Thursday, March 13, 2025

I Lose My Job




Many people today are worried about losing their jobs, especially those with government jobs. In his recent speech to Congress, President Trump read a long list of wasteful and unnecessary spending on the part of the federal government and promised significant cuts. Even state and local government employees are worried since the loss of Federal grants might cause them to lose their jobs.

I know from experience that it is a hard thing to lose your job. Back in 1972 I lost my job as an Assistant Professor of History at a small Catholic college in Connecticut. The college had only come into existence ten years earlier as an experiment in Catholic higher education. It was to be run entirely by lay people although the local bishop would still head the Board of Directors. In addition, there would be no dorms, and the students would all be commuters or day hops. 

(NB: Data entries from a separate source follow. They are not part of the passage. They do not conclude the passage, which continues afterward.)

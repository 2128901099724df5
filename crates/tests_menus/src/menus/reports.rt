//! The report on evidence of whatever origin that passes the check.
use crate::menus::cases::{Asked, assert_told};
use crate::menus::evidence::Evidence;
use std::test::Fail;

/// Three units, of which a has one and b two.
const MIXTURE: &str = "menu,choice,n\nab,a,1\nab,b,2\n";

/// Two units on each menu, of which no mixture makes more than one half.
const VIOLATION: &str = "menu,choice,n\nabc,a,1\nabc,b,1\nab,b,2\n";

/// What is withheld is reported with its step; the least sum stands all the same where the data are complete.
const WITHHELD: &[(&str, &str)] = &[
    (
        VIOLATION,
        "alternatives 3 menus 2 cells 3 orders 2 total 2\nmenus withheld 7\n",
    ),
    (
        MIXTURE,
        "alternatives 2 menus 1 cells 2 orders 2 total 3\nmenus withheld 7\n\
         sums least 1 at b in b\n",
    ),
];

const WITHHELD_OF_TEN: &[(&str, &str)] = &[(
    MIXTURE,
    "alternatives 2 menus 1 cells 2 orders 2 total 10\napportioned per 10\n\
     menus withheld 7\nsums least 3 at b in b\n",
)];

#[test]
fn reports_of_what_is_withheld(rt: HostRuntime) -> Result<(), Fail> {
    let alloc = rt.alloc();
    let evidence = Evidence::Withheld(7);
    assert_told(&rt, alloc, Asked::Reported(None, evidence), WITHHELD)?;
    assert_told(
        &rt,
        alloc,
        Asked::Reported(Some(10), evidence),
        WITHHELD_OF_TEN,
    )
}

/// Evidence over another denominator than the one that is found.
const OVER_TWO: Evidence = Evidence::Mixture(2, &[(&[0, 1], 2), (&[1, 0], 4)]);

const MIXED: &[(&str, &str)] = &[(
    MIXTURE,
    "alternatives 2 menus 1 cells 2 orders 2 total 3\nmenus mixture over 2\n\
     part a b weight 2\npart b a weight 4\nsums least 1 at b in b\n",
)];

/// Evidence of a violation over another denominator than the one that is found.
const HALVES: Evidence = Evidence::Violation(2, &[(&[1, 0, 2], 1), (&[1, 2, 0], 1)], &[0, 2, 0]);

const VIOLATED: &[(&str, &str)] = &[(
    VIOLATION,
    "alternatives 3 menus 2 cells 3 orders 2 total 2\nmenus violated share 1/2\n\
     weights 0 2 0 over 2\npart b a c weight 1\npart b c a weight 1\n",
)];

#[test]
fn reports_of_given_evidence(rt: HostRuntime) -> Result<(), Fail> {
    let alloc = rt.alloc();
    assert_told(&rt, alloc, Asked::Reported(None, OVER_TWO), MIXED)?;
    assert_told(&rt, alloc, Asked::Reported(None, HALVES), VIOLATED)
}
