//! How reports are written: numbers, lists, fractions, bounds, mixtures and lines, for every crate that prints one.
//!
//! A function `push_..` appends to a text; after `NoMemory` a part of what it appends may stand there.
#![tactic(auto)]

mod bound;
mod entry;
mod head;
mod laws;
mod line;
mod list;
mod mixture;
mod quotient;

pub use bound::{PointEntry, push_bound, push_bounds, push_pair_line};
pub use entry::{Fraction, LongNumber, Number, Ordinal, Print, Signed};
pub use head::push_head;
pub use laws::euclid_gives_lowest_terms;
pub use line::{push_after, push_fraction_line, push_line, push_number_line};
pub use list::{
    push_fractions, push_list, push_long_numbers, push_numbers, push_numbers_over, push_ordinals,
    push_sums,
};
pub use mixture::{push_apportioned, push_mixture, push_violation};
pub use quotient::lowest_terms;
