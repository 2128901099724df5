//! The texts of certificates.
use rp_evidence::{
    AfriatPart, Certificate, Efficiency, Garp, Homothetic, Item, Kind, Level, Numbers, Quasi,
};
use rp_json::write;
use rp_num::{Frac, NoMemory, Seq};
use std::alloc::Global;
use std::test::Fail;

/// A list of these entries.
fn list<T: Copy>(alloc: Global, entries: &[T]) -> Result<Seq<T>, NoMemory> {
    Ok(Seq::from_vec(Vec::from_slice(alloc, entries)?))
}

/// A certificate of this kind with these items.
fn certificate(alloc: Global, kind: Kind, items: Vec<Item>) -> Certificate {
    Certificate {
        kind,
        version: 1,
        levels: Seq::from_vec(Vec::new(alloc)),
        items: Seq::from_vec(items),
    }
}

/// The text of a certificate of a table with this one item.
fn text_of(alloc: Global, item: Item) -> Result<Vec<u8>, NoMemory> {
    let mut items = Vec::new(alloc);
    items.push(item)?;
    write(alloc, &certificate(alloc, Kind::Table, items))
}

/// Whether this text was written.
fn is(text: &Vec<u8>, wanted: &[u8]) -> bool {
    text.as_slice() == wanted
}

/// Two purchases that contradict each other: prices (1, 2) and (2, 1), bundles the same.
#[test]
fn contradiction_of_two_purchases(rt: HostRuntime) -> Result<(), Fail> {
    let alloc = rt.alloc();
    let cycle = [0u32, 1, 0];
    let mut items = Vec::new(alloc);
    items.push(Item::Garp(Garp::Cycle(list(alloc, &cycle)?)))?;
    items.push(Item::Afriat(AfriatPart::NoModel(list(alloc, &cycle)?)))?;
    items.push(Item::Efficiency(Efficiency {
        level: Level { num: 4, den: 5 },
        below: list(alloc, &[1u32, 1])?,
        above: list(alloc, &cycle)?,
        at: Garp::Ranks(list(alloc, &[2u32, 2])?),
    }))?;
    items.push(Item::Homothetic(Homothetic::Cycle {
        start: Frac::new(1, 1),
        steps: list(alloc, &cycle)?,
    }))?;
    items.push(Item::Quasi(Quasi::Cycle(list(alloc, &cycle)?)))?;
    let text = write(alloc, &certificate(alloc, Kind::Table, items))?;
    assert!(rt;
        is(
            &text,
            b"{\"items\":[{\"cycle\":[1,2,1],\"item\":\"garp\"},{\"cycle\":[1,2,1],\"item\":\"afriat\"},{\"above\":[1,2,1],\"at_ranks\":[2,2],\"below\":[1,1],\"item\":\"efficiency\",\"level\":\"4/5\"},{\"cycle\":[1,2,1],\"item\":\"homothetic\",\"start\":\"1\"},{\"cycle\":[1,2,1],\"item\":\"quasilinear\"}],\"kind\":\"table\",\"version\":1}\n"
        )
    );
    Ok(())
}

/// No items, and the other kind.
#[test]
fn certificate_without_items(rt: HostRuntime) -> Result<(), Fail> {
    let alloc = rt.alloc();
    let text = write(alloc, &certificate(alloc, Kind::Random, Vec::new(alloc)))?;
    assert!(rt; is(&text, b"{\"items\":[],\"kind\":\"random\",\"version\":1}\n"));
    Ok(())
}

/// The levels stand in the text of version 2 and in no other, also where that text is not read back.
#[test]
fn levels_in_version_2_alone(rt: HostRuntime) -> Result<(), Fail> {
    let alloc = rt.alloc();
    for (kind, version, levels, wanted) in [
        (
            Kind::Table,
            2u32,
            [799u32, 1000].as_slice(),
            b"{\"items\":[],\"kind\":\"table\",\"levels\":[799,1000],\"version\":2}\n".as_slice(),
        ),
        (
            Kind::Table,
            2,
            &[],
            b"{\"items\":[],\"kind\":\"table\",\"levels\":[],\"version\":2}\n",
        ),
        (
            Kind::Random,
            2,
            &[0, 4294967295],
            b"{\"items\":[],\"kind\":\"random\",\"levels\":[0,4294967295],\"version\":2}\n",
        ),
        (
            Kind::Table,
            1,
            &[799, 1000],
            b"{\"items\":[],\"kind\":\"table\",\"version\":1}\n",
        ),
        (
            Kind::Table,
            4294967295,
            &[799, 1000],
            b"{\"items\":[],\"kind\":\"table\",\"version\":4294967295}\n",
        ),
    ] {
        let certificate = Certificate {
            kind,
            version,
            levels: list(alloc, levels)?,
            items: Seq::from_vec(Vec::new(alloc)),
        };
        assert!(rt; is(&write(alloc, &certificate)?, wanted));
    }
    Ok(())
}

/// Evidence where the tests hold: ranks, the numbers of a model, values; and an index that is not attained.
#[test]
fn items_where_tests_hold(rt: HostRuntime) -> Result<(), Fail> {
    let alloc = rt.alloc();
    let ranks = text_of(alloc, Item::Garp(Garp::Ranks(list(alloc, &[2u32, 1])?)))?;
    assert!(rt;
        is(
            &ranks,
            b"{\"items\":[{\"item\":\"garp\",\"ranks\":[2,1]}],\"kind\":\"table\",\"version\":1}\n"
        )
    );
    let model = AfriatPart::Model(Numbers {
        u: list(alloc, &[0i128, -4])?,
        lambda: list(alloc, &[1u64, 25])?,
    });
    let model = text_of(alloc, Item::Afriat(model))?;
    assert!(rt;
        is(
            &model,
            b"{\"items\":[{\"item\":\"afriat\",\"lambda\":[\"1\",\"25\"],\"utility\":[\"0\",\"-4\"]}],\"kind\":\"table\",\"version\":1}\n"
        )
    );
    let values = Homothetic::Values(list(alloc, &[Frac::new(1, 1), Frac::new(2, 4)])?);
    let values = text_of(alloc, Item::Homothetic(values))?;
    assert!(rt;
        is(
            &values,
            b"{\"items\":[{\"item\":\"homothetic\",\"values\":[\"1\",\"1/2\"]}],\"kind\":\"table\",\"version\":1}\n"
        )
    );
    let sums = text_of(
        alloc,
        Item::Quasi(Quasi::Values(list(alloc, &[0i128, -4])?)),
    )?;
    assert!(rt;
        is(
            &sums,
            b"{\"items\":[{\"item\":\"quasilinear\",\"values\":[\"0\",\"-4\"]}],\"kind\":\"table\",\"version\":1}\n"
        )
    );
    Ok(())
}

/// What is withheld, and a level as it stands, not in lowest terms.
#[test]
fn withheld_items_and_a_violation_at_the_index(rt: HostRuntime) -> Result<(), Fail> {
    let alloc = rt.alloc();
    let afriat = text_of(alloc, Item::Afriat(AfriatPart::Wide { at: 2 }))?;
    assert!(rt;
        is(
            &afriat,
            b"{\"items\":[{\"item\":\"afriat\",\"withheld\":3}],\"kind\":\"table\",\"version\":1}\n"
        )
    );
    let wide = Homothetic::Withheld {
        steps: 2,
        from: 2,
        to: 0,
    };
    let wide = text_of(alloc, Item::Homothetic(wide))?;
    assert!(rt;
        is(
            &wide,
            b"{\"items\":[{\"item\":\"homothetic\",\"withheld\":[2,3,1]}],\"kind\":\"table\",\"version\":1}\n"
        )
    );
    let index = Efficiency {
        level: Level { num: 18, den: 20 },
        below: list(alloc, &[2u32, 1])?,
        above: list(alloc, &[0u32, 1, 0])?,
        at: Garp::Cycle(list(alloc, &[1u32, 0, 1])?),
    };
    let index = text_of(alloc, Item::Efficiency(index))?;
    assert!(rt;
        is(
            &index,
            b"{\"items\":[{\"above\":[1,2,1],\"at_cycle\":[2,1,2],\"below\":[2,1],\"item\":\"efficiency\",\"level\":\"18/20\"}],\"kind\":\"table\",\"version\":1}\n"
        )
    );
    Ok(())
}
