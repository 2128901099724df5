//! The lines of mixtures and of weights that show there is none.
ghost use Rattle.std.specs.Prelude.{◌≡◌, ◌++◌, OnOk, codes};
ghost use Rattle.rp_num.specs.Fraction.{fraction_text};
ghost use Rattle.rp_print.specs.ListText.{line_of};
ghost use Rattle.rp_print.specs.MixtureText.{apportioned_text, mixture_text, part_text, parts_text};
ghost use Rattle.rp_print.specs.MixtureText.{violation_text};

use crate::entry::{LongNumber, Print};
use crate::line::{push_after, push_fraction_line, push_number_line};
use crate::list::{push_list, push_numbers_over};
use rp_evidence::Share;
use rp_num::{Frac, NoMemory};
use std::alloc::Global;

/// Appends the line on the unit that was asked for.
pub fn push_apportioned(alloc: Global, out: &mut Vec<u8>, unit: Option<u32>) -> Result<(), NoMemory>
    ensures { OnOk result (out.new.items ≡ out.old.items ++ apportioned_text unit) }
{
    match unit {
        Some(unit) => push_number_line(alloc, out, b"apportioned per ", u64::from(unit)),
        None => Ok(()),
    }
}

/// Appends a mixture over a denominator, after the name of what it is a mixture of.
pub fn push_mixture<P: Print<Entry = u32>>(
    alloc: Global,
    out: &mut Vec<u8>,
    name: &[u8],
    den: u64,
    parts: &[Share],
) -> Result<(), NoMemory>
    ensures { OnOk result (
        out.new.items ≡ out.old.items ++ mixture_text name.now P.text den parts.now) }
{
    out.extend_from_slice(name)?;
    push_number_line(alloc, out, b" mixture over ", den)?;
    push_parts::<P>(alloc, out, parts)
}

/// Appends what shows that there is no mixture: the greatest share, and the weights and a partial mixture over a
/// denominator, after the name of what it would be a mixture of.
pub fn push_violation<P: Print<Entry = u32>>(
    alloc: Global,
    out: &mut Vec<u8>,
    name: &[u8],
    share: Frac,
    den: u64,
    weights: &[u64],
    parts: &[Share],
) -> Result<(), NoMemory>
    ensures { OnOk result (out.new.items
        ≡ out.old.items ++ violation_text name.now P.text share den weights.now parts.now) }
{
    push_share(alloc, out, name, share)?;
    push_numbers_over(alloc, out, b"weights ", weights, den)?;
    push_parts::<P>(alloc, out, parts)
}

/// Appends the line of the greatest share.
fn push_share(alloc: Global, out: &mut Vec<u8>, name: &[u8], share: Frac) -> Result<(), NoMemory>
    ensures { OnOk result (out.new.items ≡ out.old.items
        ++ line_of (name.now ++ codes " violated share " ++ fraction_text share)) }
{
    out.extend_from_slice(name)?;
    push_fraction_line(alloc, out, b" violated share ", share)
}

/// Appends the parts of a mixture, a line each.
fn push_parts<P: Print<Entry = u32>>(
    alloc: Global,
    out: &mut Vec<u8>,
    parts: &[Share],
) -> Result<(), NoMemory>
    ensures { OnOk result (out.new.items ≡ out.old.items ++ parts_text P.text parts.now) }
{
    for part in parts {
        push_part::<P>(alloc, out, part)?;
    }
    Ok(())
}

/// Appends the line of a part: what it is made of, and its weight.
fn push_part<P: Print<Entry = u32>>(
    alloc: Global,
    out: &mut Vec<u8>,
    part: &Share,
) -> Result<(), NoMemory>
    ensures { OnOk result (out.new.items ≡ out.old.items ++ part_text P.text part.now) }
{
    out.extend_from_slice(b"part ")?;
    push_list::<P>(alloc, out, part.patches.as_slice())?;
    push_after::<LongNumber>(alloc, out, b" weight ", part.weight)?;
    out.push(b'\n')?;
    Ok(())
}
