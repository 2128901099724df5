//! The texts of the help pages, and the version.

/// The name of a command, which is empty for the program itself, and its help page.
pub(crate) type Page = (&'static [u8], &'static [u8]);

/// What `rp-wide --version` prints.
pub(crate) const WIDE_VERSION: &[u8] = b"rp-wide 0.17.0\n";

/// What `rp-panel --version` prints.
pub(crate) const PANEL_VERSION: &[u8] = b"rp-panel 0.17.0\n";

/// The page of `rp-panel`.
pub(crate) const PANEL_PAGES: [(&[u8], &[u8]); 1] = [(
    b"",
    b"rp-panel tests each subject or household of one file, and writes a CSV table.\n\
        \n\
        usage: rp-panel [OPTION].. LONG\n\
        \n\
        LONG                a CSV file with a row for each observation: a column of ids, and p_NAME and\n\
        \x20                   q_NAME for each good\n\
        --id NAME           the column of ids; household by default\n\
        --keep NAME         add this column, with the text of the first row of each unit\n\
        --pump              add the maximum money pump index\n\
        --power DRAWS SEED  add how many of DRAWS simulated data sets violate GARP\n\
        --intercepts        the prices are exchanged intercepts of two goods: add what share of the offered\n\
        \x20                   budgets was spent\n\
        --demand NEW        write bounds on demand at the prices of the file NEW instead\n\
        --welfare NEW       write bounds on the money metric at the prices of NEW instead\n\
        --wide              compute results as rp-wide does, which finds more of them\n\
        \n\
        Options may be before and after LONG.\n\
        \n\
        Exit codes: 0 the result was written, 1 a certificate was rejected, 2 not a command,\n\
        3 a file could not be read, 4 the data have an error, 5 the result could not be written,\n\
        6 memory ran out, 7 a word is not text. After an error, a line that begins with \"hint:\" says\n\
        what to do. docs/reference/errors.md lists all errors.\n",
)];
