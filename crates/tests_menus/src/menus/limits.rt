//! Both sides of the limits of menus.
use crate::menus::cases::assert_text;
use crate::menus::given::told_menus;
use std::alloc::{AllocError, Global};
use std::process::Abort;
use std::test::Fail;

/// The letter of that number, from 0.
fn letter_of(x: u32) -> &'static str {
    match x {
        0 => "a",
        1 => "b",
        2 => "c",
        3 => "d",
        4 => "e",
        _ => "f",
    }
}

/// A menu by its number.
fn push_menu(text: &mut String, menu: u32) -> Result<(), AllocError> {
    for x in 0..6 {
        if (menu >> x) % 2 == 1 {
            text.push_str(letter_of(x))?;
        }
    }
    Ok(())
}

/// A record with the letter of that number chosen once from a menu.
fn push_record(text: &mut String, menu: u32, x: u32) -> Result<(), AllocError> {
    push_menu(text, menu)?;
    text.push_str(",")?;
    text.push_str(letter_of(x))?;
    text.push_str(",1\n")
}

/// A file with every letter of so many menus chosen once, the menus by number from 1.
fn all_cells(alloc: Global, cells: u32) -> Result<String, AllocError> {
    let mut text = String::new(alloc);
    text.push_str("menu,choice,n\n")?;
    let mut made = 0;
    for menu in 1..64u32 {
        for x in 0..6 {
            if made < cells && (menu >> x) % 2 == 1 {
                push_record(&mut text, menu, x)?;
                made += 1;
            }
        }
    }
    Ok(text)
}

/// A file with so many records of one cell.
fn records(alloc: Global, count: u32) -> Result<String, AllocError> {
    let mut text = String::new(alloc);
    text.push_str("menu,choice,n\n")?;
    for _ in 0..count {
        text.push_str("ab,a,9999999\n")?;
    }
    Ok(text)
}

/// What a file with so many cells comes to.
fn told_of_cells(alloc: Global, cells: u32) -> Result<String, Fail> {
    let file = all_cells(alloc, cells)?;
    told_menus(alloc, file.as_str())
}

/// What a file with so many records comes to.
fn told_of_records(alloc: Global, count: u32) -> Result<String, Fail> {
    let file = records(alloc, count)?;
    told_menus(alloc, file.as_str())
}

/// Asserts what a file with 64 cells comes to, at both ends.
fn assert_most(rt: &impl Abort, told: &str) {
    assert!(rt; told.starts_with("5 letters, menus 1 2 3 4 5"));
    assert!(rt; told.ends_with(":1"));
}

/// 64 cells are taken, and the record with the 65th is refused.
#[test]
fn cells_up_to_their_limit(rt: HostRuntime) -> Result<(), Fail> {
    let alloc = rt.alloc();
    assert_most(&rt, told_of_cells(alloc, 64)?.as_str());
    let more = told_of_cells(alloc, 65)?;
    assert_text(&rt, 65, more.as_str(), "TooManyCells record 65");
    Ok(())
}

/// 4,096 records are taken, and one more is refused.
#[test]
fn records_up_to_their_limit(rt: HostRuntime) -> Result<(), Fail> {
    let alloc = rt.alloc();
    let most = told_of_records(alloc, 4096)?;
    assert_text(
        &rt,
        4096,
        most.as_str(),
        "2 letters, menus 3, cells 0:0:40959995904",
    );
    let more = told_of_records(alloc, 4097)?;
    assert_text(&rt, 4097, more.as_str(), "TooManyRecords");
    Ok(())
}
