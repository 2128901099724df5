//! Choices from menus with their units, and evidence on them.
ghost use Rattle.std.specs.Prelude.{◌≤◌, IfOk, IfSome};
ghost use Rattle.rp_orders.specs.OrderMixtures.{AreUnitsOf};

use rp_evidence::Share;
use rp_limits::patch::UNITS;
use rp_menu::{Menus, read_menus};
use rp_num::Seq;
use rp_orders::{MenuPart, check_menu, report_menus};
use rp_patch::apportion;
use rp_patch::apportionment::Units;
use std::alloc::Global;
use std::process::Abort;
use std::test::Fail;

/// Asserts that so many units may be asked.
pub(crate) fn assert_unit(rt: &impl Abort, unit: Option<u32>)
    ensures { IfSome unit (λ n. (1 ≤ n) × (n ≤ UNITS)) }
{
    if let Some(unit) = unit {
        assert!(rt; 1 <= unit && unit <= UNITS);
    }
}

/// The menus of a file, with the units of their cells.
pub(crate) fn menus_of(
    rt: &impl Abort,
    alloc: Global,
    file: &str,
    unit: Option<u32>,
) -> Result<(Menus, Units), Fail>
    ensures { IfOk result (λ made. AreUnitsOf made.0 made.1) }
{
    assert_unit(rt, unit);
    let seen = read_menus(alloc, file.as_bytes())?;
    let units = apportion(alloc, seen.groups(), seen.counts(), unit)?;
    Ok((seen, units))
}

/// Orders, by their letters from 0, and their weights.
pub(crate) type Parts = &'static [(&'static [u32], u64)];

/// Evidence, by what it says in numbers.
#[derive(Clone, Copy)]
pub(crate) enum Evidence {
    /// A mixture over a denominator.
    Mixture(u64, Parts),
    /// A partial mixture over a denominator, and the weights of the cells.
    Violation(u64, Parts, &'static [u64]),
    /// The step from which it is withheld.
    Withheld(u64),
}

/// The parts.
fn listed(alloc: Global, parts: Parts) -> Result<Seq<Share>, Fail> {
    let mut listed = Vec::new(alloc);
    for (order, weight) in parts {
        let patches = Seq::from_vec(order.to_vec(alloc)?);
        listed.push(Share {
            patches,
            weight: *weight,
        })?;
    }
    Ok(Seq::from_vec(listed))
}

/// A mixture over `den`.
fn mixture(alloc: Global, den: u64, parts: Parts) -> Result<MenuPart, Fail> {
    let parts = listed(alloc, parts)?;
    Ok(MenuPart::Mixture { den, parts })
}

/// A violation: a partial mixture over `den`, and the weights of the cells.
fn violation(alloc: Global, den: u64, parts: Parts, weights: &[u64]) -> Result<MenuPart, Fail> {
    let weights = Seq::from_vec(weights.to_vec(alloc)?);
    let parts = listed(alloc, parts)?;
    Ok(MenuPart::Violated {
        den,
        parts,
        weights,
    })
}

/// The evidence as the check takes it.
fn part_of(alloc: Global, evidence: Evidence) -> Result<MenuPart, Fail> {
    match evidence {
        Evidence::Mixture(den, parts) => mixture(alloc, den, parts),
        Evidence::Violation(den, parts, weights) => violation(alloc, den, parts, weights),
        Evidence::Withheld(step) => Ok(MenuPart::Wide { step }),
    }
}

/// Whether the evidence is accepted on the choices of a file.
pub(crate) fn accepts(
    rt: &impl Abort,
    alloc: Global,
    file: &str,
    evidence: Evidence,
) -> Result<bool, Fail> {
    let part = part_of(alloc, evidence)?;
    let (seen, units) = menus_of(rt, alloc, file, None)?;
    Ok(check_menu(&seen, &units, &part))
}

/// The report on evidence, or that it is rejected.
fn report_of(
    alloc: Global,
    seen: &Menus,
    units: &Units,
    part: &MenuPart,
    unit: Option<u32>,
) -> Result<String, Fail>
    requires { AreUnitsOf seen.now units.now }
{
    if !check_menu(seen, units, part) {
        return Ok(String::from_str(alloc, "rejected")?);
    }
    let text = report_menus(alloc, seen, units, part, unit)?;
    Ok(String::from_utf8(text)?)
}

/// The report on evidence on the choices of a file, or that it is rejected.
pub(crate) fn reported(
    rt: &impl Abort,
    alloc: Global,
    file: &str,
    unit: Option<u32>,
    evidence: Evidence,
) -> Result<String, Fail> {
    let part = part_of(alloc, evidence)?;
    let (seen, units) = menus_of(rt, alloc, file, unit)?;
    report_of(alloc, &seen, &units, &part, unit)
}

Initially, the school flourished as students and parents took advantage of the low cost. Also, during the Vietnam war many young men enrolled to avoid the draft. However, by 1972 the war was winding down and enrollment was dropping. As a result, administration decided to cut costs by trimming the faculty and did so by declining to grant tenure to anyone eligible that year.

Seven of us were denied tenure that year. Tenure is an unfamiliar concept to most people. For academics, it meant that once you receive tenure, it was almost impossible to lose your position thereafter. You have a job for life. In effect, the seven years I had been teaching there were a probationary period. 

I did have some paranoia about my dismissal. I thought that the administration had decided to terminate seven people just to get rid of me since I was the elected head of the faculty association. In academe it was not called a union, but it had some resemblance although there was no collective bargaining. I had also been overwhelmingly elected to the Faculty Senate during the years of student unrest that accompanied the increasingly unpopular war in Vietnam. 

Looking back now, I can see that while administrators might have been glad to see me go, I did not have a strong case for tenure. I was not a popular teacher since I had a reputation of being a hard grader. As an academic, it took seven years for me to complete my doctoral dissertation, and I had no publications to my credit. Coincidentally, I received my doctorate on the same day my tenure appeal was denied. 

So, in the Spring of 1972, I was thirty-three years old and out of a job. Complicating things was the fact that my wife and I had five small children ranging in age from 8 to 2. We had bought a small house in Fairfield with help from my father who provided the $2000 down payment. We lived from paycheck to paycheck and had only meager savings. Teaching jobs were nonexistent in the area, and we did not want to relocate our family.

I had to find work out of academe, but my doctorate made me virtually unemployable. Prospective employers would only laugh and say that someone with your education would not be happy or useful working for them. Eventually, the only employers interested in me were insurance companies always on the lookout for new agents who basically worked on a commission basis. No sales meant no pay. 

At that time, most academics looked down their noses at people engaged in business. Today, practically everyone goes to college to study business, but back in 1972 the business department at our school had only a few majors. Just as today, people in higher education tended to frown on those who worked for profit. Insurance agents were regarded as the lowest of the low in the business world, maybe just a notch above used car salesmen.

Nevertheless, I had no choice. I interviewed with a couple of companies but one seemed to have a novel approach. It was then among the leaders in the nascent mutual fund industry and offered low-cost life insurance as a supplement to mutual fund investing. I did fail their aptitude test that showed that I was an academic with no aptitude for sales. The office manager, whose contempt for academics matched mine for salesmen, informed me that he would not be able to take me on, but when I asked if I could borrow the study materials he had given me, he admired my persistence and immediately changed his mind. It was no skin off his nose since it was a commission only job. So, I became a salesman, a peddler of life insurance and mutual funds.

Needless to say, it was extremely difficult. Most new agents flunked out in weeks or months. The aptitude analysis was correct, but it only measured what I was and not what I could become. Only with the help and unflagging support of my wife, who went back to nursing, was I able to survive the first year and develop the knowledge, skills, and experience needed for success in this very competitive field. As the years went by, successful sales agents would morph into financial planners no longer dependent on commissions. Over the next 35 years I was able to build a very successful financial planning practice with hundreds of contented clients. 

In my case, losing my job was one of the best things that ever happened to me and my family.